Japanese politician, novelist, and journalist

Tetchou Suehiro (末広 鐵腸, Suehiro Tetchō), born Yuujirou Suehiro (末広 雄次郎, Suehiro Yūjirō) was a Japanese politician, novelist, and journalist. He was proponent of the Freedom and People's Rights Movement.

Born of samurai lineage in what is now Ehime Prefecture, he was the second son of the family. His father, Teisuke, was an accountant. He graduated from a local samurai school and became a teacher in 1869. Thereafter, he moved to Tokyo and worked for the Ministry of Finance for six years before going into the newspaper business. He was imprisoned twice for challenging the existing free press laws and was instrumental in forming the first national political party.

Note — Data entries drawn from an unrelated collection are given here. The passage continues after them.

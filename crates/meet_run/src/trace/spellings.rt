//! The laws of a trace's grammar: what is read is what is spelled. Each is the contract of a function that does
//! nothing.

ghost use Rattle.meet_run.specs.Tracing.TraceSpelling.{RecordsHaveOneSpelling, HeadsHaveOneSpelling};
ghost use Rattle.meet_run.specs.Tracing.TraceTexts.{TracesHaveOneText, BasedTracesHaveOneText};

/// States that a line reads as a record exactly if it is that record's one spelling, and the record's numbers are in
/// their limits. So a zero in front, two spaces together, a tab or any other stray byte is a fault.
pub fn records_have_one_spelling()
    ensures { RecordsHaveOneSpelling }
{}

/// States that a first line reads as a kind of place exactly if it is its one spelling, and the place may have that
/// bound.
pub fn heads_have_one_spelling()
    ensures { HeadsHaveOneSpelling }
{}

/// States that a text reads as a whole trace exactly if it is the text that would be written of it, and all is in its
/// limits. Only the end of the last line may be missing. So two texts of the same history are the same but for that
/// end.
pub fn traces_have_one_text()
    ensures { TracesHaveOneText }
{}

/// States that a text reads as a whole trace with a base on three conditions, and only then: it is the text that would
/// be written of it, the base is well formed, and all is in its limits. Only the end of the last line may be missing.
pub fn based_traces_have_one_text()
    ensures { BasedTracesHaveOneText }
{}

He wrote a political, proto-science fiction novel Setchūbai (Plum Blossoms in the Snow, 1886). The income from his books allowed him to travel to the United States and Europe in 1888, around which time he briefly became the travelling companion of Filipino propagandist and patriot José Rizal. He would later acknowledge Rizal's influence in another novel, Nanyo no daiharan (The Great Wave in the South Seas).

In 1890 he was elected in the first national election, but was later ousted because he left the Liberal Party. Suehiro was still a member of the Diet (Meiji 29) when he died in 1896 of tongue cancer and was buried in Ehime.

==Major works==
Suehiro's major works include:
- Setchūbai (Plum Blossoms in the Snow, 1886)
- Kakan'ō (Songbirds Among Flowers, 1889)

==See also==
- Japanese literature
- List of Japanese authors
- Bungou Stray Dogs, appears as an antagonist and a part of military police force the "Hunting Dogs"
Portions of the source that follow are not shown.